REPUBLIKA.CO.ID, JAKARTA -- Harga saham barang konsumen primer masih tertekan meski perekonomian telah menunjukkan tren pemulihan. Kondisi tersebut tercermin dari kinerja saham beberapa emiten seperti PT Unilever Indonesia Tbk (UNVR), PT Indofood Sukses Makmur Tbk (INDF) hingga PT Mayora Indah Tbk (MYOR).
Pergerakan sejumlah saham tersebut cenderung menurun dalam lima tahun terakhir. Selama periode tersebut, UNVR tercatat telah jatuh sebesar 61,6 persen dan INDF terpangkas 29,12 persen. Hanya MYOR yang masih membukukan pertumbuhan sebesar 5,26 persen. Namun dalam tiga tahun terakhir, saham MYOR melemah 38,9 persen.
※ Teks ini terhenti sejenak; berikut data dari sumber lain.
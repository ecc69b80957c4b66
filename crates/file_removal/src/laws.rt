// What follows from the definitions.
ghost use Rattle.std.specs.Prelude.{◌≡◌, ◌⊎◌, Bool, true, false, List, ◌++◌, None, IsTrue, Contains};
ghost use Rattle.host_core.specs.Paths.{Path};
ghost use Rattle.host_core.specs.World.{World, IsBare, IsDirectory, IsLoose};
ghost use Rattle.host_core.specs.Events.{Event, IsDeniedIn};
ghost use Rattle.file_removal.specs.declared.leaving.Leaving.{Leaving};
ghost use Rattle.file_removal.specs.Removal.{RemovedBy, RemovedUnless, IsRemovingBy, IsSpared, AllAboveFirst, AreInOrder, Staying, none_stays};
ghost use Rattle.file_removal.specs.Clearing.{cleared, is_among, Cleared, IsClearing, IsRetiring};

/// A path that isn't the place of a listed path that may go is as before, as is each file or link
/// where directories alone are taken; a listed file or link that may go is gone. Nothing is made,
/// and the old world decides what is left. Where a directory is listed before what is below it, as
/// in the order of bytes, no listed directory that may go is left empty but one that stays, a
/// removal that was stopped at any moment is finished by the same removal, and behind one by which
/// no directory stayed a second one finds nothing to do.
pub fn what_a_removal_leaves()
    ensures spared { (stays : Staying) (directories_only : Bool) (xs : List Leaving)
        (old new : World) (q : Path)
        → RemovedBy stays directories_only xs old new → IsSpared xs q → new q ≡ old q }
    ensures loose { (stays : Staying) (xs : List Leaving) (old new : World) (q : Path)
        → RemovedBy stays true xs old new
        → (IsDirectory (old q) → ⊥) → new q ≡ old q }
    ensures gone { (stays : Staying) (xs : List Leaving) (old new : World) (x : Leaving)
        → RemovedBy stays false xs old new
        → Contains xs x → IsTrue x.goes → IsLoose (old x.place) → new x.place ≡ None }
    ensures less { (stays : Staying) (directories_only : Bool) (xs : List Leaving)
        (old new : World) (q : Path)
        → RemovedBy stays directories_only xs old new → (new q ≡ old q) ⊎ (new q ≡ None) }
    ensures once { (stays : Staying) (directories_only : Bool) (xs : List Leaving)
        (old new other : World) (q : Path)
        → RemovedBy stays directories_only xs old new
        → RemovedBy stays directories_only xs old other → other q ≡ new q }
    ensures wider { (earlier es later : List Event) (directories_only : Bool) (xs : List Leaving)
        (old new : World)
        → RemovedUnless (IsDeniedIn es) directories_only xs old new
        → RemovedUnless (IsDeniedIn (earlier ++ (es ++ later))) directories_only xs old new }
    ensures order { (xs : List Leaving) → AreInOrder xs → AllAboveFirst xs }
    ensures empty { (stays : Staying) (directories_only : Bool) (xs : List Leaving)
        (old new : World) (x : Leaving)
        → AllAboveFirst xs → RemovedBy stays directories_only xs old new → Contains xs x
        → IsTrue x.goes → ((later : List Leaving) → stays later x.place ≡ false)
        → IsDirectory (old x.place) → IsBare new x.place → new x.place ≡ None }
    ensures finished { (stays : Staying) (directories_only : Bool) (xs : List Leaving)
        (old now new : World)
        → AllAboveFirst xs → IsRemovingBy directories_only xs old now
        → RemovedBy stays directories_only xs now new
        → RemovedUnless (λ p. (later : List Leaving) × (stays later p ≡ true)) directories_only xs
        old new }
    ensures again { (stays : Staying) (directories_only : Bool) (xs : List Leaving)
        (old new newer : World) (q : Path)
        → AllAboveFirst xs → RemovedBy none_stays directories_only xs old new
        → RemovedBy stays directories_only xs new newer → newer q ≡ new q }
{}

/// A path that is none of the names is as before, and so is a directory; else nothing is left. A
/// clearing that was stopped at any moment is finished by the same clearing, and a second one finds
/// nothing to do.
pub fn what_a_clearing_leaves()
    ensures spared { (names : List Path) (old new : World) (q : Path) → Cleared names old new
        → is_among names q ≡ false → new q ≡ old q }
    ensures directory { (names : List Path) (old new : World) (q : Path) → Cleared names old new
        → IsDirectory (old q) → new q ≡ old q }
    ensures gone { (names : List Path) (old new : World) (q : Path) → Cleared names old new
        → is_among names q ≡ true → (IsDirectory (old q) → ⊥) → new q ≡ None }
    ensures finished { (names : List Path) (old now new : World) → IsClearing names old now
        → Cleared names now new → Cleared names old new }
    ensures retired { (names : List Path) (old now new : World) → IsRetiring names old now
        → Cleared names now new → Cleared names old new }
    ensures again { (names : List Path) (old new newer : World) (q : Path) → Cleared names old new
        → Cleared names new newer → newer q ≡ new q }
{}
Senior Investment Information Mirae Asset Sekuritas Indonesia Martha Christina mengatakan harga saham barang konsumen primer sampai saat ini masih melemah karena tertekan sentimen kenaikan harga bahan baku. Kondisi ini membuat margin emiten tergerus.
"Kenaikan harga CPO sejak tahun lalu semakin menekan margin UNVR," kata Martha, Kamis (10/3).
Tren kenaikan harga CPO diperkirakan masih akan berlanjut terutama setelah diumumkannya kenaikan kewajiban untuk memasok kebutuhan dalam negeri (DMO) menjadi 30 persen. Dengan harga CPO yang belum akan kembali normal, margin emiten diperkirakan semakin menipis sehingga saham barang konsumen primer masih berpotensi tertekan.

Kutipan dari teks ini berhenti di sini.